After a disastrous round of talks last month that broke down almost as soon as they began, China and Europe look set to try again with a new round of negotiations to resolve their dispute over the EU’s claims of unfair state-support for Chinese solar panel makers. Much has changed since the failed round of talks in late May, including a growing number of individual European leaders who want to resolve this dispute through negotiations rather than trade wars. As a result, this new round of negotiations will take place between top-level government officials, an important change for both practical and symbolic reasons that I’ll explain shortly.

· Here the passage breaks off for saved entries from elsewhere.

//! A place that is there already.

ghost use Rattle.std.specs.Prelude.{◌≡◌, ℕ, List, Some, OnOk, bytes_eq, if◌then◌else◌, option_map};
ghost use Rattle.archive_state.specs.Content.{Content};
ghost use Rattle.archive_state.specs.Looks.{CountsFailures, Looked, OnView};
ghost use Rattle.record_text.specs.Text.{IsPlain};
ghost use Rattle.import_definitions.specs.Made.{lowest_place};
ghost use Rattle.import_definitions.specs.Numbers as numbers;
ghost use Rattle.import_numbers.specs.Settling.{Knows};
ghost use Rattle.import_numbers.specs.Views.{found_said, places_of, under};

use crate::found::{Found, first_found, where_before};
use archive_state::View;
use record_text::{RefusalKind, Text};
use std::alloc::{AllocError, Global};
use std::collections::BTreeMap;

/// The position of the first place of each path in a file.
pub type FilePlaces = BTreeMap<String, u32>;

/// What looks at an archive found: of each path that was asked for, the lowest place that has it.
#[derive(Drop)]
pub struct Looks {
    found: BTreeMap<String, Option<u32>>,
}

impl Looks {
    /// No path was asked for yet.
    pub fn new(alloc: Global) -> Looks
        ensures { (c : Content) → Knows result.found c }
    {
        Looks {
            found: BTreeMap::new(alloc),
        }
    }

    /// The place of a path, where there is one: that of the archive, else the first of the file, of those before a
    /// position or of all, else the one that was made.
    pub fn find<V: View>(
        &mut self,
        alloc: Global,
        view: &mut V,
        file: &FilePlaces,
        before: Option<u32>,
        made: Option<u32>,
        path: &str,
    ) -> Result<Option<Found>, RefusalKind>
        requires { IsPlain path.now }
        ensures finds { OnView V.is_honest V.shows V.content view.old view.new (λ c. Knows self.old.found c
            → Looked result (λ f. Knows self.new.found c
            × (option_map found_said f ≡ numbers.find (places_of c file.now) before (λ p. made) path.now))) }
        ensures counts { CountsFailures (V.failed view.old) (V.failed view.new) result }
    {
        let archive = self.in_archive(alloc, view, path)?;
        let here = where_before(before, file.get(path).copied());
        Ok(first_found(archive, here, made))
    }

    /// The lowest place of the archive with a path.
    fn in_archive<V: View>(
        &mut self,
        alloc: Global,
        view: &mut V,
        path: &str,
    ) -> Result<Option<u32>, RefusalKind>
        requires { IsPlain path.now }
        ensures finds { OnView V.is_honest V.shows V.content view.old view.new (λ c. Knows self.old.found c
            → Looked result (λ n. Knows self.new.found c × (n ≡ lowest_place c.records path.now))) }
        ensures counts { CountsFailures (V.failed view.old) (V.failed view.new) result }
    {
        match self.known(path) {
            Some(found) => Ok(found),
            None => self.look(alloc, view, path),
        }
    }

    /// What a look at a path found, where there was one.
    fn known(&self, path: &str) -> Option<Option<u32>>
        ensures { result ≡ under self.now.found path.now }
    {
        self.found.get(path).copied()
    }

    /// The same of a path that was not asked for.
    fn look<V: View>(
        &mut self,
        alloc: Global,
        view: &mut V,
        path: &str,
    ) -> Result<Option<u32>, RefusalKind>
        requires { IsPlain path.now }
        ensures finds { OnView V.is_honest V.shows V.content view.old view.new (λ c. Knows self.old.found c
            → Looked result (λ n. Knows self.new.found c × (n ≡ lowest_place c.records path.now))) }
        ensures counts { CountsFailures (V.failed view.old) (V.failed view.new) result }
    {
        let text = Text::of_words(alloc, path)?;
        let found = view.place_at(alloc, &text)?;
        self.keep(alloc, path, found)?;
        Ok(found)
    }

    fn keep(&mut self, alloc: Global, path: &str, found: Option<u32>) -> Result<(), AllocError>
        ensures { OnOk result ((q : List ℕ) → under self.new.found q
            ≡ (if bytes_eq path.now q then Some found else under self.old.found q)) }
    {
        let key = String::from_str(alloc, path)?;
        self.found.insert(key, found)?;
        Ok(())
    }
}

While it’s obviously still too early to say what the result of these new talks will be, the latest signs of a growing desire to solve this crisis through dialogue should give these new negotiations a good chance of success, perhaps around 70 percent. The sudden change to a more positive approach marks a distinct break with the past, when similar disputes most often saw western countries take unilateral punitive actions, evoking angry responses from Beijing. Accordingly, I’m cautiously optimistic that this new formula could emerge as a template for helping the west solve some of its larger trade disputes with China without having to resort to the usual trade wars.

Let’s take a look at the latest headlines, which have media reporting that the EU’s top trade official will travel to Beijing on Friday to discuss the dispute. At the heart of the matter is China’s strong state support for its solar panel sector, which it provides through means such as cheap loans and low-cost land use rights. The talks will be attended by the EU’s top trade official, Karl DeGucht, and Gao Hucheng, the top official at China’s Ministry of Commerce. (English article)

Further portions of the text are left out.